My homer, Homer, who is a '97 bird, has a band that is getting tight on his leg. It won't turn but is not digging into the skin or anything. I think he's just gotten bigger with age (and he's slightly a couch potato ). I got him a few years ago as a rescue. It doesn't seem to cause him discomfort but he doesn't walk around a lot so it's rather hard to tell. Like I said, it's just tight enough that it will barely turn--I didn't want to force it. Should I take him to the vet and have the vet cut it off? Can I do it myself with a dremmel tool? He doesn't love being handled and is blind in one eye and partially blind in the good eye, so I don't want to upset him if it's not necessary. Sorry for the long explanation, any suggestions welcome.


----------



## TAWhatley (Mar 6, 2001)

Get the band off .. dremel is fine but just be careful that the band doesn't become too hot in the process.

Terry


----------



## Whitefeather (Sep 2, 2002)

Just another suggestion:
I used a small pair of wire cutters (the kind used in jewelry making) to remove a band.
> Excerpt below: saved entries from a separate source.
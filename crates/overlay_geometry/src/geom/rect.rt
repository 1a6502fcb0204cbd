// Rectangles with sides along the axes. Upstream: `i_float::int::rect`.
ghost use Rattle.std.specs.Prelude.{◌≡◌, ◌&&◌, int_le};

use crate::num::OverlayInt;

/// The points from `min_x` to `max_x` and from `min_y` to `max_y`, borders included.
#[derive(Clone, Copy, Debug, PartialEq, Eq)]
pub struct IntRect<I> {
    /// The left border.
    pub min_x: I,
    /// The right border.
    pub max_x: I,
    /// The lower border.
    pub min_y: I,
    /// The upper border.
    pub max_y: I,
}

impl<I: OverlayInt> IntRect<I> {
    ghost use Rattle.overlay_geometry.specs.Ranges.{do_rects_meet};
    ghost use Rattle.overlay_geometry.specs.RangeOf.{rect_of};

    /// Whether the two share a point. Rectangles that touch along a border or in a corner do.
    pub fn is_intersect_border_include(&self, other: &Self) -> bool
        ensures { result ≡ do_rects_meet (rect_of I.whole self.now) (rect_of I.whole other.now) }
    {
        do_meet(self.min_x, self.max_x, other.min_x, other.max_x)
            && do_meet(self.min_y, self.max_y, other.min_y, other.max_y)
    }
}

/// Whether two ranges share a number.
fn do_meet<I: OverlayInt>(min: I, max: I, other_min: I, other_max: I) -> bool
    ensures { result ≡ (int_le (I.whole min) (I.whole other_max) && int_le (I.whole other_min) (I.whole max)) }
{
    min <= other_max && other_min <= max
}
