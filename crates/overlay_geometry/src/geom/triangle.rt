// On which side of a line a point lies. Upstream: `i_float::triangle`.
ghost use Rattle.std.specs.Prelude.{◌≡◌, pos, int_lt, not};
ghost use Rattle.std.specs.Ordering.{int_eq};
ghost use Rattle.overlay_geometry.specs.Points.{turn};
ghost use Rattle.overlay_geometry.specs.Turns.{clock_order, clock_direction};
ghost use Rattle.overlay_geometry.specs.PointOf.{point_of};
ghost use Rattle.overlay_geometry.specs.InRange.{IsPointInRange};

use crate::geom::point::IntPoint;
use crate::geom::vector::IntVector;
use crate::num::OverlayInt;
use std::cmp::Ordering;

/// The turn of three points: the cross product of the ways from `p` to `q` and from `p` to `r`. It is negative
/// where the three run clockwise, and 0 where they lie on one line. All points have to be in range.
pub struct Triangle;

impl Triangle {
    /// 1 where the three points run clockwise, 0 where they lie on one line, -1 where they run counterclockwise.
    pub fn clock_direction<I: OverlayInt>(p: IntPoint<I>, q: IntPoint<I>, r: IntPoint<I>) -> i64
        requires p { IsPointInRange I.whole I.MIN_COORD I.MAX_COORD p }
        requires q { IsPointInRange I.whole I.MIN_COORD I.MAX_COORD q }
        requires r { IsPointInRange I.whole I.MIN_COORD I.MAX_COORD r }
        ensures { result ≡ clock_direction (point_of I.whole p) (point_of I.whole q) (point_of I.whole r) }
    {
        -turn(p, q, r).signum()
    }

    /// `Less` where the three points run clockwise, `Equal` where they lie on one line, else `Greater`.
    pub fn clock_order<I: OverlayInt>(p: IntPoint<I>, q: IntPoint<I>, r: IntPoint<I>) -> Ordering
        requires p { IsPointInRange I.whole I.MIN_COORD I.MAX_COORD p }
        requires q { IsPointInRange I.whole I.MIN_COORD I.MAX_COORD q }
        requires r { IsPointInRange I.whole I.MIN_COORD I.MAX_COORD r }
        ensures { result ≡ clock_order (point_of I.whole p) (point_of I.whole q) (point_of I.whole r) }
    {
        turn(p, q, r).cmp(&0)
    }

    /// Whether the three points run clockwise.
    pub fn is_clockwise<I: OverlayInt>(p: IntPoint<I>, q: IntPoint<I>, r: IntPoint<I>) -> bool
        requires p { IsPointInRange I.whole I.MIN_COORD I.MAX_COORD p }
        requires q { IsPointInRange I.whole I.MIN_COORD I.MAX_COORD q }
        requires r { IsPointInRange I.whole I.MIN_COORD I.MAX_COORD r }
        ensures { result ≡ int_lt (turn (point_of I.whole p) (point_of I.whole q) (point_of I.whole r)) (pos 0) }
    {
        turn(p, q, r) < 0
    }

    /// Whether the three points lie on one line.
    pub fn is_line<I: OverlayInt>(p: IntPoint<I>, q: IntPoint<I>, r: IntPoint<I>) -> bool
        requires p { IsPointInRange I.whole I.MIN_COORD I.MAX_COORD p }
        requires q { IsPointInRange I.whole I.MIN_COORD I.MAX_COORD q }
        requires r { IsPointInRange I.whole I.MIN_COORD I.MAX_COORD r }
        ensures { result ≡ int_eq (turn (point_of I.whole p) (point_of I.whole q) (point_of I.whole r)) (pos 0) }
    {
        turn(p, q, r) == 0
    }

    /// Whether the three points are not on one line.
    pub fn is_not_line<I: OverlayInt>(p: IntPoint<I>, q: IntPoint<I>, r: IntPoint<I>) -> bool
        requires p { IsPointInRange I.whole I.MIN_COORD I.MAX_COORD p }
        requires q { IsPointInRange I.whole I.MIN_COORD I.MAX_COORD q }
        requires r { IsPointInRange I.whole I.MIN_COORD I.MAX_COORD r }
        ensures { result ≡ not (int_eq (turn (point_of I.whole p) (point_of I.whole q) (point_of I.whole r)) (pos 0)) }
    {
        turn(p, q, r) != 0
    }
}

/// Twice the signed area of a triangle: positive where `p`, `q`, `r` turn left.
fn turn<I: OverlayInt>(p: IntPoint<I>, q: IntPoint<I>, r: IntPoint<I>) -> i64
    requires p { IsPointInRange I.whole I.MIN_COORD I.MAX_COORD p }
    requires q { IsPointInRange I.whole I.MIN_COORD I.MAX_COORD q }
    requires r { IsPointInRange I.whole I.MIN_COORD I.MAX_COORD r }
    ensures { result ≡ turn (point_of I.whole p) (point_of I.whole q) (point_of I.whole r) }
{
    IntVector::between(p, q).cross_product(IntVector::between(p, r))
}
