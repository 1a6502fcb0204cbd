// Segments as pairs of ends. Upstream: `geom::x_segment`.

use crate::geom::line_range::LineRange;
use crate::geom::point::IntPoint;
use crate::num::OverlayInt;

/// The two ends of a segment. Pairs are ordered by `a`, then by `b`.
#[derive(Clone, Copy, Debug, PartialEq, Eq, PartialOrd, Ord)]
pub struct XSegment<I> {
    /// The first end; in a list of segments the one that comes before the other in the order of
    /// points.
    pub a: IntPoint<I>,
    /// The second end.
    pub b: IntPoint<I>,
}

impl<I: OverlayInt> XSegment<I> {
    ghost use Rattle.std.specs.Prelude.{◌≡◌, ◌&&◌, int_lt, not};
    ghost use Rattle.overlay_geometry.specs.Points.{is_vertical, pair_lt};
    ghost use Rattle.overlay_geometry.specs.Ranges.{heights, is_off_range};
    ghost use Rattle.overlay_geometry.specs.PairOf.{pair_of};
    ghost use Rattle.overlay_geometry.specs.RangeOf.{range_of};

    /// The least and the greatest `y` of the ends.
    pub fn y_range(&self) -> LineRange<I>
        ensures { range_of I.whole result ≡ heights (pair_of I.whole self.now) }
    {
        let (min, max) = if self.a.y < self.b.y {
            (self.a.y, self.b.y)
        } else {
            (self.b.y, self.a.y)
        };
        LineRange { min, max }
    }

    /// Whether the ends differ in `x`.
    pub fn is_not_vertical(&self) -> bool
        ensures { result ≡ not (is_vertical (pair_of I.whole self.now)) }
    {
        self.a.x != self.b.x
    }

    /// Whether both ends lie below the range, or both above it.
    pub fn is_not_intersect_y_range(&self, range: &LineRange<I>) -> bool
        ensures { result ≡ is_off_range (range_of I.whole range.now) (pair_of I.whole self.now) }
    {
        self.is_below(range.min) || self.is_above(range.max)
    }

    /// Whether both ends lie right of the other's end `b`, where `a` comes before `b` in both. This
    /// project's own.
    pub fn begins_past_end(&self, other: &XSegment<I>) -> bool
        ensures { result ≡ int_lt (I.whole other.now.b.x) (I.whole self.now.a.x) }
    {
        other.b.x < self.a.x
    }

    /// Whether this comes before another, by their ends. This project's own.
    pub fn is_before(&self, other: &XSegment<I>) -> bool
        ensures { result ≡ pair_lt (pair_of I.whole self.now) (pair_of I.whole other.now) }
    {
        self < other
    }

    /// Whether both ends lie below a height.
    fn is_below(&self, y: I) -> bool
        ensures { result ≡ (int_lt (I.whole self.now.a.y) (I.whole y) && int_lt (I.whole self.now.b.y) (I.whole y)) }
    {
        self.a.y < y && self.b.y < y
    }

    /// Whether both ends lie above a height.
    fn is_above(&self, y: I) -> bool
        ensures { result ≡ (int_lt (I.whole y) (I.whole self.now.a.y) && int_lt (I.whole y) (I.whole self.now.b.y)) }
    {
        y < self.a.y && y < self.b.y
    }
}
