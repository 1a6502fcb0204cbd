// The way from one point to another, and the products of two such ways. A difference of two coordinates stays
// below 2^31, so no product here leaves an `i64`, nor does a sum of two.
// Upstream: differences of `i_float::int::point`.
ghost use Rattle.std.specs.Prelude.{◌≡◌, ◌≤◌, ◌+◌, ◌*◌, ◌-ℤ◌, ◌*ℤ◌, pos, unsigned_abs, IsTrue};
ghost use Rattle.overlay_geometry.specs.Coordinates.{is_coordinate, greatest_difference, greatest_product};

use crate::geom::point::IntPoint;
use crate::num::OverlayInt;
use std::alloc::AllocError;

/// How far one point lies from another, in x and in y, as machine numbers that hold any such distance. This project's
/// own.
#[derive(Debug)]
pub struct IntVector {
    x: i64,
    y: i64,
    pub ghost x_bound: { unsigned_abs x ≤ greatest_difference },
    pub ghost y_bound: { unsigned_abs y ≤ greatest_difference },
}

impl Clone for IntVector {
    ghost use Rattle.std.specs.Prelude.{⊤};

    ghost is_clone = { λ v w. w ≡ v };

    ghost is_infallible = { λ _. ⊤ };

    fn clone(&self) -> Result<IntVector, AllocError> {
        Ok(*self)
    }
}

impl Copy for IntVector {}

impl IntVector {
    ghost use Rattle.overlay_geometry.specs.Points.{step, squared, cross_product, dot_product};
    ghost use Rattle.overlay_geometry.specs.PointOf.{point_of};
    ghost use Rattle.overlay_geometry.specs.VectorOf.{vector_of};
    ghost use Rattle.overlay_geometry.specs.InRange.{IsPointInRange};

    /// The way from one point to another. Both have to be in range.
    pub fn between<I: OverlayInt>(from: IntPoint<I>, to: IntPoint<I>) -> Self
        requires from { IsPointInRange I.whole I.MIN_COORD I.MAX_COORD from }
        requires to { IsPointInRange I.whole I.MIN_COORD I.MAX_COORD to }
        ensures { vector_of result ≡ step (point_of I.whole from) (point_of I.whole to) }
    {
        IntVector {
            x: difference(from.x, to.x),
            y: difference(from.y, to.y),
        }
    }

    /// The number in x.
    pub fn x(self) -> i64
        ensures { result ≡ (vector_of self).x }
    {
        self.x
    }

    /// The number in y.
    pub fn y(self) -> i64
        ensures { result ≡ (vector_of self).y }
    {
        self.y
    }

    /// `x * other.y - y * other.x`: positive where `other` points to the left of this way, negative to the right.
    pub fn cross_product(self, other: Self) -> i64
        ensures value { result ≡ cross_product (vector_of self) (vector_of other) }
        ensures bound { unsigned_abs result ≤ 2 * greatest_product }
    {
        product(self.x, other.y) - product(self.y, other.x)
    }

    /// `x * other.x + y * other.y`: positive where `other` points ahead, negative where it points back.
    pub fn dot_product(self, other: Self) -> i64
        ensures { result ≡ dot_product (vector_of self) (vector_of other) }
    {
        product(self.x, other.x) + product(self.y, other.y)
    }

    /// The squared length.
    pub fn sqr_length(self) -> i64
        ensures { result ≡ pos (squared (vector_of self).x + squared (vector_of self).y) }
    {
        product(self.x, self.x) + product(self.y, self.y)
    }
}

/// The difference of two coordinates, which an `i64` holds.
fn difference<I: OverlayInt>(from: I, to: I) -> i64
    requires from { IsTrue (is_coordinate (I.whole I.MIN_COORD) (I.whole I.MAX_COORD) (I.whole from)) }
    requires to { IsTrue (is_coordinate (I.whole I.MIN_COORD) (I.whole I.MAX_COORD) (I.whole to)) }
    ensures value { result ≡ I.whole to -ℤ I.whole from }
    ensures bound { unsigned_abs result ≤ greatest_difference }
{
    to.to_wide() - from.to_wide()
}

/// The product of two such differences, which an `i64` holds.
fn product(a: i64, b: i64) -> i64
    requires a { unsigned_abs a ≤ greatest_difference }
    requires b { unsigned_abs b ≤ greatest_difference }
    ensures value { result ≡ a *ℤ b }
    ensures bound { unsigned_abs result ≤ greatest_product }
{
    a * b
}
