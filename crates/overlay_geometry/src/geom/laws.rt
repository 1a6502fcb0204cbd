// The laws of turns, of the orders of points and pairs, and of points on a segment. Each function has an empty body,
// and its contract is proved for all whole numbers, whatever the engine.
ghost use Rattle.overlay_geometry.specs.Laws.{TurnRotates, TurnChangesSign, TurnIsUnmoved, TurnSplits, PointsAreOrdered, PairsAreOrdered, LiesOnByOrder, LiesInsideByOrder};

/// The turn of three points rotates with them, changes its sign where two of them change places, does not change by a
/// translation, and splits at a fourth point. Literature: the exterior product of plane vectors.
pub fn turn_laws()
    ensures rotates { TurnRotates }
    ensures changes_sign { TurnChangesSign }
    ensures unmoved { TurnIsUnmoved }
    ensures splits { TurnSplits }
{}

/// Points, and pairs of points, are totally ordered, and compare as equal exactly where they are equal.
pub fn order_laws()
    ensures points { PointsAreOrdered }
    ensures pairs { PairsAreOrdered }
{}

/// A point lies on an ordered pair exactly where it turns by 0 and lies from `a` up to `b` in the
/// order of points, and strictly inside exactly where it turns by 0 and lies between them.
pub fn on_segment_laws()
    ensures lies_on { LiesOnByOrder }
    ensures lies_inside { LiesInsideByOrder }
{}
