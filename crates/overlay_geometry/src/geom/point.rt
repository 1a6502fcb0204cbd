// Points with integer coordinates. Upstream: `i_float::int::point`.

use crate::geom::vector::IntVector;
use crate::num::OverlayInt;

/// A point. Points are ordered by `x`, then by `y`.
#[derive(Clone, Copy, Debug, PartialEq, Eq, PartialOrd, Ord)]
pub struct IntPoint<I> {
    /// How far to the right.
    pub x: I,
    /// How far up.
    pub y: I,
}

impl IntPoint<i16> {
    /// The origin.
    pub const ZERO: Self = IntPoint { x: 0, y: 0 };
}

impl IntPoint<i32> {
    /// The origin.
    pub const ZERO: Self = IntPoint { x: 0, y: 0 };
}

const _: () = prove!(IntPoint::<i16>::ZERO.x == 0 && IntPoint::<i16>::ZERO.y == 0);

const _: () = prove!(IntPoint::<i32>::ZERO.x == 0 && IntPoint::<i32>::ZERO.y == 0);

impl<I: OverlayInt> IntPoint<I> {
    ghost use Rattle.std.specs.Prelude.{◌≡◌, pos};
    ghost use Rattle.overlay_geometry.specs.Points.{sqr_distance};
    ghost use Rattle.overlay_geometry.specs.PointOf.{point_of};
    ghost use Rattle.overlay_geometry.specs.Coordinates.{is_point_in_range};
    ghost use Rattle.overlay_geometry.specs.InRange.{IsPointInRange};

    /// The point with these coordinates.
    pub fn new(x: I, y: I) -> Self
        ensures { point_of I.whole result ≡ record { x = I.whole x; y = I.whole y } }
    {
        IntPoint { x, y }
    }

    /// Whether both coordinates lie between `MIN_COORD` and `MAX_COORD`. This project's own.
    pub fn is_in_range(self) -> bool
        ensures { result ≡ is_point_in_range (I.whole I.MIN_COORD) (I.whole I.MAX_COORD) (point_of I.whole self) }
    {
        self.x.is_in_range() && self.y.is_in_range()
    }

    /// The squared distance to another point. Both have to be in range.
    pub fn sqr_distance(self, other: Self) -> i64
        requires own { IsPointInRange I.whole I.MIN_COORD I.MAX_COORD self }
        requires other { IsPointInRange I.whole I.MIN_COORD I.MAX_COORD other }
        ensures { result ≡ pos (sqr_distance (point_of I.whole self) (point_of I.whole other)) }
    {
        IntVector::between(self, other).sqr_length()
    }
}
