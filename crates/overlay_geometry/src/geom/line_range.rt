// Ranges of coordinates. Upstream: `geom::line_range`.

/// The coordinates from `min` to `max`, both included.
#[derive(Clone, Copy, Debug, PartialEq, Eq)]
pub struct LineRange<I> {
    /// The least of them.
    pub min: I,
    /// The greatest of them.
    pub max: I,
}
It worked great.


----------



## sky tx (Mar 1, 2005)

Have you tried working vaseline under the band????Get the dead scale off--But it will most likely need to be removed.


----------



## feralpigeon (Feb 14, 2005)

I was thinking along the same lines as AZ....jewelry tools.

fp


----------



## maryjane (Jul 15, 2006)

No, I haven't tried vaseline but I will. The band seems pretty thick and sturdy to me though I'm sure it's a normal band. I'll get a pic today or tomorrow when the camera decides to charge. Maybe with the vaseline I could get some of those tiny jewelry cutters under it. I just don't want to hurt him more, obviously.  I'll take a closer look and get a picture. Thanks much, guys. I just adore this bird, he's so old and grizzled and dignified.


----------